Wisdom says you can’t feel your way to good thoughts but you can think your way to good feelings.
Let me illustrate.
Imagine I have a deadline to meet, my taxes are due and I’ve done just about anything else instead of that work.
I feel just rotten everytime I think about it. If I follow that feeling, letting it mushroom, it sounds like this in my head:
You’ve left it too late.
You don’t know what you are doing anyway.
What makes you think you can run a business when you aren’t good at admin?
You should never have attempted something so ambitious.
Your business will fail.
There is no point in opening the tax files.
But what if the same feeling is responded to with true thoughts?
You’ve left it too late…I have, but I can at least make a start to it now instead of waiting longer.
You don’t know what you are doing…Sure, it would be unreasonable to expect I’d understand business tax without training. I’m on new territory and need help. This is why I asked a good friend and CA to be on my board. I’m going to schedule a call with him to ask any questions that come up now.
It takes some effort to retrain our brains. The longer we have had the habit of following a feeling wherever it leads, the harder it is to respond differently.
Habits are like hardened mud ruts that prevent us from steering out of them.
But our brains have NEUROPLASTICITY! If we are prepared to do the work of retraining our thinking patterns we get to make new ruts that will prevent negative thoughts just as powerfully as they enforced them before .
Encourage your child to try this four step response to anxiety
STEP 1: BREATHE
Some experts seem to encourage deep breathing as the magic bullet we need against anxiety - others imply that our best defence is in the mind not the body.
In my mind, stopping and taking a couple of deep breaths is a good first step.
The research shows:
breathing connects our brains and bodies: we are going to need both to ease the worried thoughts and the uncomfortable physical symptoms;
breathing slows down the escalation of feelings and panicked thoughts, making us more mindful and less reactive;
breathing triggers the ‘relaxation response’ which can neutralise all the neurochemicals that the amygdala sends into the body (Read Fight or flight from Paper Tigers: What Anxiety looks and feels like).
Karen Young, from Hey Sigmund, makes the crucial point that we must first practice deep breathing when we are calm to be able to do it when we are anxious.
She suggests simply breathing in for 3 counts, hold for 1, then slowly out for 3 hold for one and repeating that four or five times.

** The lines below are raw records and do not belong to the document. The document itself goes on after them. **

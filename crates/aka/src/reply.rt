// What the device answers, and the bytes of it.
ghost use Rattle.std.specs.Prelude.{◌≡◌, ◌+◌, ◌≤◌, ◌++◌, map, length};
ghost use Rattle.arrayvec.specs.ArrayVec.{array_vec_len};
ghost use Rattle.digest.specs.Hmac.{joined};
ghost use Rattle.keys.specs.Octets.{octets};
ghost use Rattle.attributes.specs.Requests.{kdf_list};
ghost use Rattle.aka.specs.Replies.{answer, authentication_reject_body, body_of, challenge_body, challenge_front, client_error_body, identity_body, kdf_attribute, mac_with, synchronization_failure_body};

use arrayvec::ArrayVec;
use attributes::Kdfs;
use digest::Hmac;
use keys::Octets;

#[derive(Clone, Copy)]
pub(crate) enum Reply {
    ClientError,
    AuthenticationReject,
    SynchronizationFailure { auts: [u8; 14], kdfs: Kdfs },
    // The SUCI.
    Identity,
    // The card's answer to the challenge, and the key of its MAC.
    Challenge { res: [u8; 16], k_aut: [u8; 32] },
}

// The EAP code of a response.
const RESPONSE: u8 = 2;

pub(crate) const EAP_TYPE: u8 = 50;

// The subtypes.
const CHALLENGE: u8 = 1;

const AUTHENTICATION_REJECT: u8 = 2;

const SYNCHRONIZATION_FAILURE: u8 = 4;

const IDENTITY: u8 = 5;

const CLIENT_ERROR: u8 = 14;

// The attributes.
const AT_RES: u8 = 3;

const AT_AUTS: u8 = 4;

const AT_MAC: u8 = 11;

const AT_IDENTITY: u8 = 14;

const AT_CLIENT_ERROR_CODE: u8 = 22;

const AT_KDF: u8 = 24;

// The bits of RES.
const RES_BITS: u8 = 128;

// The length of the whole reply to a challenge.
const CHALLENGE_LEN: u8 = 48;

// The body of a reply, which is what stands behind its EAP type. The longest is an identity of 255 bytes, behind subtype and
// header, filled up to a word.
type Body = ArrayVec<u8, 264>;

// Adds a part at the end.
fn put(body: &mut Body, part: &[u8])
    requires { array_vec_len body.old + length part.now ≤ 264 }
    ensures { body.new.items ≡ body.old.items ++ part.now }
{
    body.try_extend_from_slice(part).unwrap();
}

// The first 16 bytes of the HMAC of three parts, one after another.
pub(crate) fn mac_of(k_aut: &[u8; 32], first: &[u8], second: &[u8], third: &[u8]) -> [u8; 16]
    ensures { result ≡ mac_with k_aut.now (first.now ++ (second.now ++ third.now)) }
{
    let mut hmac = Hmac::new(k_aut);
    hmac.update(first);
    hmac.update(second);
    hmac.update(third);
    *hmac.finish().first_chunk().unwrap()
}

fn client_error() -> Body
    ensures { result.items ≡ client_error_body }
{
    let mut body = Body::new();
    put(
        &mut body,
        &[CLIENT_ERROR, 0, 0, AT_CLIENT_ERROR_CODE, 1, 0, 0],
    );
    body
}

fn authentication_reject() -> Body
    ensures { result.items ≡ authentication_reject_body }
{
    let mut body = Body::new();
    put(&mut body, &[AUTHENTICATION_REJECT, 0, 0]);
    body
}

// Adds the attributes AT_KDF of a challenge, as it had them.
fn put_kdfs(body: &mut Body, kdfs: &Kdfs)
    requires { array_vec_len body.old + 32 ≤ 264 }
    ensures items { body.new.items ≡ body.old.items ++ joined (map kdf_attribute (kdf_list kdfs.now).values) }
    ensures short { array_vec_len body.new ≤ array_vec_len body.old + 32 }
{
    let values = kdfs.values();
    for value in values {
        let [high, low] = value.to_be_bytes();
        put(body, &[AT_KDF, 1, high, low]);
    }
}

fn synchronization_failure(auts: &[u8; 14], kdfs: &Kdfs) -> Body
    ensures { result.items ≡ synchronization_failure_body auts.now (kdf_list kdfs.now).values }
{
    let mut body = Body::new();
    put(&mut body, &[SYNCHRONIZATION_FAILURE, 0, 0, AT_AUTS, 4]);
    put(&mut body, auts);
    put_kdfs(&mut body, kdfs);
    body
}

fn identity(suci: &Octets<255>) -> Body
    ensures { result.items ≡ identity_body (octets suci.now) }
{
    let suci = suci.as_slice();
    let len = suci.len();
    let words = (len + 7) / 4;
    let [high, low] = (len as u16).to_be_bytes();
    let mut body = Body::new();
    put(
        &mut body,
        &[IDENTITY, 0, 0, AT_IDENTITY, words as u8, high, low],
    );
    put(&mut body, suci);
    put(&mut body, &[0; 3][..4 * words - 4 - len]);
    body
}

// The reply to a challenge up to its MAC.
fn challenge_front(res: &[u8; 16]) -> Body
    ensures value { result.items ≡ challenge_front res.now }
    ensures len { array_vec_len result ≡ 27 }
{
    let mut body = Body::new();
    put(&mut body, &[CHALLENGE, 0, 0, AT_RES, 5, 0, RES_BITS]);
    put(&mut body, res);
    put(&mut body, &[AT_MAC, 5, 0, 0]);
    body
}

fn challenge(identifier: u8, res: &[u8; 16], k_aut: &[u8; 32]) -> Body
    ensures { result.items ≡ challenge_body identifier res.now k_aut.now }
{
    let mut body = challenge_front(res);
    let header = [RESPONSE, identifier, 0, CHALLENGE_LEN, EAP_TYPE];
    let mac = mac_of(k_aut, &header, body.as_slice(), &[0; 16]);
    put(&mut body, &mac);
    body
}

impl Reply {
    // The body of the reply to the request with this identifier.
    pub(crate) fn body(&self, identifier: u8, suci: &Octets<255>) -> Body
        ensures { result.items ≡ body_of identifier (octets suci.now) (answer self.now) }
    {
        match self {
            Reply::ClientError => client_error(),
            Reply::AuthenticationReject => authentication_reject(),
            Reply::SynchronizationFailure { auts, kdfs } => synchronization_failure(auts, kdfs),
            Reply::Identity => identity(suci),
            Reply::Challenge { res, k_aut } => challenge(identifier, res, k_aut),
        }
    }
}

STEP 2: Think about your thoughts
I used to have a sign up in my classroom declaring the ACRONYM THINK
T - Is it true
H-Is it helpful
I-Is it inspiring (does it fit with what I like and want)
N- is it necessary
K- Is it kind
Some unhelpful, untruthful thoughts include:
Natasha Daniels explains that thoughts plant seeds of doubt and bring anxiety even when they are not true. Thoughts like “I can’t help worrying” is an example of such a thought.
‘What if’ Thoughts
We seldom ponder good ‘what if’ outcomes and they are not helpful with the choices we must make right now. Better to trash them, Natasha says.
Concerns about my future aren’t necessary right now. Natasha says we can give ourselves permission to worry about them later and therefore have the energy to focus on what is more pressing.

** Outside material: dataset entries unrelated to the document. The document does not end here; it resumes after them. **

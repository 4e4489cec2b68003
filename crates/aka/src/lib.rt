// EAP-AKA' (RFC 4187, RFC 5448) over any card. No heap.
#![tactic(auto)]

mod aka_prime;
mod decision;
mod fault;
mod reply;

pub use aka_prime::AkaPrime;
pub use fault::AkaFault;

STEP THREE: Respond firmly and quickly
A quick firm green thought can defuse the untruthful unhelpful red thoughts. The trick is to get good at responding quickly. The longer we entertain untruthful, unhelpful thoughts the harder they are to defuse.
A GREEN THOUGHT response to ‘I can’t help worrying” might be; “It is hard for me not to worry but it doesn't make it impossible”. (See how this kind of thought accepts the anxiety but acknowledges that that doesn’t leave a person with anxiety without options.)
It’s important for you and me not to swoop in as parents and suggest green thoughts. We want to help our kids discover which thoughts change the direction of their thought patterns and choose to think those.
STEP 4: Get out of there (get distracted)
When a child manages to breathe, examine his thoughts and throw back a firm, quick green thought, it's important not to wait for more red thoughts!
Get out of there by getting distracted.
Natasha recommends that during a time of calm your child lists a number of things that are deeply calming, distracting and maybe a little mindless like reading an easy novel, watching Netflix or doing some engaging exercise.
By itself distraction is not enough to fight anxiety. If Step 4 was our only step it would be like putting a piece of tape over the flashing fuel light on our dash. But after a quick response to emerging anxiety, distraction can be just the ticket to move our minds and hearts onto something else.
If you haven’t had a chance to listen to my conversation with Natasha this month why not do so now? Natasha can be found on https://www.anxioustoddlers.com/ Her parent training workshops are wonderful and your children might like the youtube video content she creates for them.
I also recommend the great videos for kids and teenagers on https://www.heysigmund.com/ to help understand and tackle anxiety.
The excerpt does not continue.